Saturday, April 5, 2008

Not so focused

A few dinners out. A weekend of bad hotel/interview food. That's apparently all it takes to gain 2 lbs. 196 looked so nice on the way down, but after 194 it looked downright evil. I hated 196. The only thing that scared me more was the prospect of seeing a 2 again! EEEK!!

I've tried to be good, but I have NOT been as good as I once was. Bad food in the house. Dinner out with friends. Unable to easily track my food at work (and since I generally have no time to even cook decent food, where would I get the time to track food?) or any other time. It's been slow, but I got 194 back and held on to it. Today I saw 193. It's day 1 so completely unofficial, but I have my fingers crossed to see it tomorrow morning.

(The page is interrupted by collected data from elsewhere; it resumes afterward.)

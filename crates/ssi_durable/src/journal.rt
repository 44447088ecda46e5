//! A log of lines, and what is on its way there.

ghost use Rattle.std.specs.Prelude.{◌≡◌, ◌≤◌, ◌+◌, ℕ, List, [], ◌∷◌, ◌++◌, true, false, IfOk, IfErr, OnOk, OnErr, length};
ghost use Rattle.adya_keys.specs.Meaning.Keys.{Bytes};
ghost use Rattle.adya_line.specs.Meaning.Lines.{IsPlain};
ghost use Rattle.ssi_log.specs.Machinery.Standing.{end_of};
ghost use Rattle.ssi_log.specs.Meaning.Texts.{HasNoZero};
ghost use Rattle.ssi_durable.specs.Clauses.Journals.{HasAll, is_full};

use crate::buffer::{Buffer, MAX_LINE_LEN, SIZE};
use sqlite_disk::Disk;
use ssi_log::laws::open_logs_keep_their_text;
use ssi_log::{Log, LogFault};
use std::alloc::{AllocError, Global};

/// By so many bytes the file is filled with zeros ahead.
const AHEAD: usize = 1_048_576;

/// A log of lines, with a buffer of those that it doesn't have yet.
#[derive(Drop)]
pub(crate) struct Journal<D: Disk> {
    log: Log<D>,
    buffer: Buffer,
    // all lines are on the disk
    is_settled: bool,
    // a call of the log has failed
    has_failed: bool,
}

impl<D: Disk + Drop> Journal<D> {
    ghost use Rattle.ssi_durable.specs.Mirror.Journals.{Keeps, is_settled, has_failed, buffer_of};

    /// A journal of the lines that the log has.
    pub(crate) fn new(alloc: Global, log: Log<D>) -> Result<Journal<D>, AllocError>
        ensures keeps { (lines : List Bytes) → HasAll log lines → IfOk result (λ journal. Keeps journal lines lines) }
        ensures settled { IfOk result (λ journal. is_settled journal ≡ true) }
        ensures going { IfOk result (λ journal. has_failed journal ≡ false) }
        ensures log { IfOk result (λ journal. journal.log ≡ log) }
    {
        open_logs_keep_their_text(&log);
        Ok(Journal {
            log,
            buffer: Buffer::new(alloc)?,
            is_settled: true,
            has_failed: false,
        })
    }

    /// Goes on with the lines that this log has.
    pub(crate) fn go_on_with(&mut self, log: Log<D>)
        ensures keeps { (lines : List Bytes) → HasAll log lines → Keeps self.new lines lines }
        ensures settled { is_settled self.new ≡ true }
        ensures going { has_failed self.new ≡ false }
        ensures log { self.new.log ≡ log }
    {
        open_logs_keep_their_text(&log);
        self.log = log;
        let buffer = &mut self.buffer;
        buffer.clear();
        self.is_settled = true;
        self.has_failed = false;
    }

    /// Returns how many bytes the log has.
    pub(crate) fn log_len(&self) -> usize
        ensures { result ≡ end_of self.now.log }
    {
        self.log.len()
    }

    /// Makes room for a line in the buffer, and for all of the buffer in the log. `Full` if the file can't grow: then there may
    /// be room in the buffer alone.
    pub(crate) fn make_room(&mut self) -> Result<(), LogFault>
        ensures keeps { (sure all : List Bytes) → Keeps self.old sure all → Keeps self.new sure all }
        ensures room { OnOk result (length (buffer_of self.new) + 4097 ≤ 65536) }
        ensures going { OnOk result (has_failed self.new ≡ false) }
        ensures full { IfErr result (λ fault. is_full fault ≡ true
            → (length (buffer_of self.new) + 4097 ≤ 65536) × (has_failed self.new ≡ false)) }
        ensures fault { IfErr result (λ fault. is_full fault ≡ false → has_failed self.new ≡ true) }
        ensures settled { is_settled self.old ≡ true → has_failed self.new ≡ false → is_settled self.new ≡ true }
    {
        if self.has_failed {
            return Err(LogFault::Closed);
        }
        if self.buffer.len() > SIZE - MAX_LINE_LEN - 1 {
            self.hand_over()?;
        }
        if self.log.room() >= SIZE {
            return Ok(());
        }
        self.extend()
    }

    /// Fills the file with zeros ahead.
    fn extend(&mut self) -> Result<(), LogFault>
        requires { has_failed self.old ≡ false }
        ensures keeps { (sure all : List Bytes) → Keeps self.old sure all → Keeps self.new sure all }
        ensures buffer { buffer_of self.new ≡ buffer_of self.old }
        ensures going { OnOk result (has_failed self.new ≡ false) }
        ensures full { IfErr result (λ fault. is_full fault ≡ true → has_failed self.new ≡ false) }
        ensures fault { IfErr result (λ fault. is_full fault ≡ false → has_failed self.new ≡ true) }
        ensures settled { has_failed self.new ≡ false → is_settled self.new ≡ is_settled self.old }
    {
        open_logs_keep_their_text(&self.log);
        let Err(fault) = self.log.extend(AHEAD) else {
            return Ok(());
        };
        if is_full(&fault) {
            return Err(fault);
        }
        Err(self.fail(fault))
    }

    /// Hands the lines of the buffer over to the log.
    fn hand_over(&mut self) -> Result<(), LogFault>
        requires { has_failed self.old ≡ false }
        ensures keeps { (sure all : List Bytes) → Keeps self.old sure all → Keeps self.new sure all }
        ensures handed { OnOk result (buffer_of self.new ≡ []) }
        ensures going { OnOk result (has_failed self.new ≡ false) }
        ensures failed { OnErr result (has_failed self.new ≡ true) }
        ensures full { IfErr result (λ fault. is_full fault ≡ true → has_failed self.new ≡ false) }
        ensures settled { OnOk result (is_settled self.new ≡ is_settled self.old) }
    {
        match self.log.append(self.buffer.bytes()) {
            Ok(()) => {
                self.buffer.clear();
                Ok(())
            }
            Err(fault) => Err(self.fail(fault)),
        }
    }

    /// Notes that the log has failed.
    fn fail(&mut self, fault: LogFault) -> LogFault
        ensures fault { result ≡ fault }
        ensures failed { has_failed self.new ≡ true }
        ensures settled { is_settled self.new ≡ false }
        ensures log { self.new.log ≡ self.old.log }
        ensures buffer { self.new.buffer ≡ self.old.buffer }
    {
        self.has_failed = true;
        self.is_settled = false;
        fault
    }

    /// Adds a line.
    pub(crate) fn add(&mut self, line: &[u8])
        requires room { length (buffer_of self.old) + 4097 ≤ 65536 }
        requires short { length line.now ≤ 4096 }
        requires going { has_failed self.old ≡ false }
        ensures { (sure all : List Bytes) → Keeps self.old sure all → IsPlain line.now → HasNoZero line.now
            → Keeps self.new sure (all ++ line.now ∷ []) }
    {
        self.buffer.add(line);
        self.is_settled = false;
    }

    /// Waits until all lines are on the disk. If it fails, the journal has failed.
    pub(crate) fn settle(&mut self) -> Result<(), LogFault>
        ensures keeps { (sure all : List Bytes) → Keeps self.old sure all → Keeps self.new sure all }
        ensures settled { OnOk result (is_settled self.new ≡ true) }
        ensures going { OnOk result (has_failed self.new ≡ false) }
        ensures failed { OnErr result (has_failed self.new ≡ true) }
    {
        if self.has_failed {
            return Err(LogFault::Closed);
        }
        if self.is_settled {
            return Ok(());
        }
        self.hand_over()?;
        self.sync()
    }

    fn sync(&mut self) -> Result<(), LogFault>
        requires handed { buffer_of self.old ≡ [] }
        requires going { has_failed self.old ≡ false }
        ensures keeps { (sure all : List Bytes) → Keeps self.old sure all → Keeps self.new sure all }
        ensures settled { OnOk result (is_settled self.new ≡ true) }
        ensures going { OnOk result (has_failed self.new ≡ false) }
        ensures failed { OnErr result (has_failed self.new ≡ true) }
    {
        open_logs_keep_their_text(&self.log);
        match self.log.sync() {
            Ok(()) => {
                self.is_settled = true;
                Ok(())
            }
            Err(fault) => Err(self.fail(fault)),
        }
    }

    /// A crash leaves all lines if it is settled.
    pub(crate) fn settled_lines_are_sure(&self)
        ensures { is_settled self.now ≡ true → (sure all : List Bytes) → Keeps self.now sure all → Keeps self.now all all }
    {
        open_logs_keep_their_text(&self.log);
    }

    /// Returns whether a call of the log has failed.
    pub(crate) fn has_failed(&self) -> bool
        ensures { result ≡ has_failed self.now }
    {
        self.has_failed
    }

    /// Returns whether all lines are on the disk.
    pub(crate) fn is_settled(&self) -> bool
        ensures { result ≡ is_settled self.now }
    {
        self.is_settled
    }
}

/// Returns whether the file can't grow, and all else is as before.
pub(crate) fn is_full(fault: &LogFault) -> bool
    ensures { result ≡ is_full fault.now }
{
    matches!(fault, LogFault::Full(_))
}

Tomorrow we're doing lunch with her aunt at a The Farm at South Mountain. Unknown calories, but all about natural, organic and healthy living. It makes me happy every time I go. Not so bad. Dinner on the other hand is with The Aunt who lived with us for the last year. It's a thank you dinner for help over the last year and for moving all of her stuff. Smothered pork chops, rice and gravy. I don't anticipate a vegetable - though if I know here there MIGHT be one covered in cheese or overly cooked with butter and salt. That said - I'm not anticipating to be 193 on Monday. But wouldn't it be a nice surprise Mr. Scale???

The girlfriend told me that this is her LAST unhealthy weekend. I know I've heard it before, but I have higher hopes this time. Her "buddy" who supports/encourages beer drinking and less-healthy dinner outings is joining a work based weight loss contest with money on the line. If her Buddy stays on track, I'm thinking my sweetie will as well. Well, at least most of the time. I can confirm that these will be my last smothered or fried pork chops for a long, long time. Gotta get serious. Have to find a way to start tracking better again. Have to find a new job so I can actually make it to the gym again. Have to stay focused.

Focus in my personal life has never been my greatest skill, but writing it down helps. My next quick goal is to be 18_. I'm SO close - but I've been close for a long time. Have to get it. Have to reach a goal to remind myself how great it feels to get there. And how hard you push for the next one. Focus. Focus. Focus. Or something like that.